LONDON - Großbritannien, Frankreich, Deutschland, Italien, die Niederlande und Japan sind bereit, die Bemühungen zur Gewährleistung einer sicheren Schifffahrt in der Straße von Hormuz zu unterstützen, so die Staats- und Regierungschefs in einer gemeinsamen Erklärung, die vom Büro des britischen Premierministers Keir Starmer veröffentlicht wurde.

„Wir bringen unsere Bereitschaft zum Ausdruck, zu den entsprechenden Anstrengungen beizutragen, um eine sichere Durchfahrt durch die Straße von Hormuz zu gewährleisten. Wir begrüßen das Engagement der an den vorbereitenden Plänen beteiligten Länder“.“ hieß es in der Erklärung.

Das Dokument verurteilt außerdem „Irans jüngste Angriffe auf unbewaffnete Handelsschiffe im Persischen Golf, Angriffe auf zivile Infrastrukturen, einschließlich Öl- und Gasanlagen, und die De-facto-Sperrung der Straße von Hormuz durch iranische Streitkräfte".

„Wir bringen unsere tiefe Besorgnis über den eskalierenden Konflikt zum Ausdruck. Wir fordern Iran auf, seine Drohungen, das Legen von Minen, Drohnen- und Raketenangriffe und andere Versuche, die Meerenge für die Handelsschifffahrt zu blockieren, unverzüglich einzustellen und die Resolution 2817 des UN-Sicherheitsrats einzuhalten“.“ heißt es weiter. Die Erklärung enthält jedoch keine Kritik an den Angriffen der USA und Israels auf zivile Ziele in Iran.
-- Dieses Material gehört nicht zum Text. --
//! The lexer's messages that wait for their places in a tree.
ghost use Rattle.std.specs.Prelude.{◌≡◌, IfErr, IfOk, length};
ghost use Rattle.rap_lexed.specs.LexedStr.{AreInOrder};
ghost use Rattle.rap_ranged.specs.Reports.{lexer_reports};

use crate::answer::Fault;
use ra_ap_parser::LexedStr;
use std::alloc::Global;
use std::marker::Model;

/// A message of the lexer: its text, and the byte at which its token begins.
#[derive(Drop)]
pub struct Waiting<'m> {
    text: &'m str,
    at: usize,
}

impl<'m> Model for Waiting<'m> {
    ghost use Rattle.rap_ranged.specs.Reports.{ReportValue};

    ghost Value = { ReportValue };

    ghost view = { λ w. record { text = w.text.now; at = w.at } };
}

impl<'m> Waiting<'m> {
    /// A message of this text at this byte.
    fn new(text: &'m str, at: usize) -> Waiting<'m>
        ensures { result ≡ record { text = text.now; at = at } }
    {
        Waiting { text, at }
    }

    /// Its text.
    pub fn text(&self) -> &'m str
        ensures { result.now ≡ self.now.text }
    {
        self.text
    }

    /// The byte at which it is.
    #[inline(always)]
    pub fn at(&self) -> usize
        ensures { result ≡ self.now.at }
    {
        self.at
    }
}

/// All messages of the lexer, in the order of their tokens. No memory is allocated where there is none.
pub fn waiting_of<'l>(alloc: Global, lexed: &'l LexedStr<'_>) -> Result<Vec<Waiting<'l>>, Fault>
    requires { AreInOrder (length lexed.now.tokens) lexed.now.errors }
    ensures reports { IfOk result (λ waiting. waiting.items ≡ lexer_reports lexed.now.tokens lexed.now.errors) }
    ensures fault { IfErr result (λ fault. fault ≡ Fault.NoMemory) }
{
    let mut waiting = Vec::new(alloc);
    'errors: for (token, text) in lexed.errors() {
        let at = lexed.text_start(token);
        let Ok(()) = waiting.push(Waiting::new(text, at)) else {
            return Err(Fault::NoMemory);
        };
    }
    Ok(waiting)
}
Am 28. Februar starteten die Vereinigten Staaten und Israel eine Militäroperation gegen den Iran. Große iranische Städte, darunter Teheran, wurden getroffen. Das Korps der Islamischen Revolutionsgarden Irans kündigte eine Vergeltungsoperation an, die sich gegen Ziele in Israel richten sollte. Auch US-Militärstützpunkte in Bahrain, Jordanien, Kuwait, Katar, Saudi-Arabien und den Vereinigten Arabischen Emiraten wurden getroffen.

Am 2. März warnte Generalmajor Ebrahim Jabari vom Korps der Islamischen Revolutionsgarden, dass die Straße von Hormuz, durch die etwa ein Fünftel der weltweiten Ölexporte fließt, als Folge der Militäraktionen Israels und der USA gegen den Iran für den Schiffsverkehr gesperrt werden würde.
Am 5. März erklärte der iranische Außenminister Abbas Araghchi, die Meerenge sei zwar nicht geschlossen, aber Schiffe und Tanker würden aus Angst vor Angriffen von beiden Seiten nicht versuchen, sie zu passieren.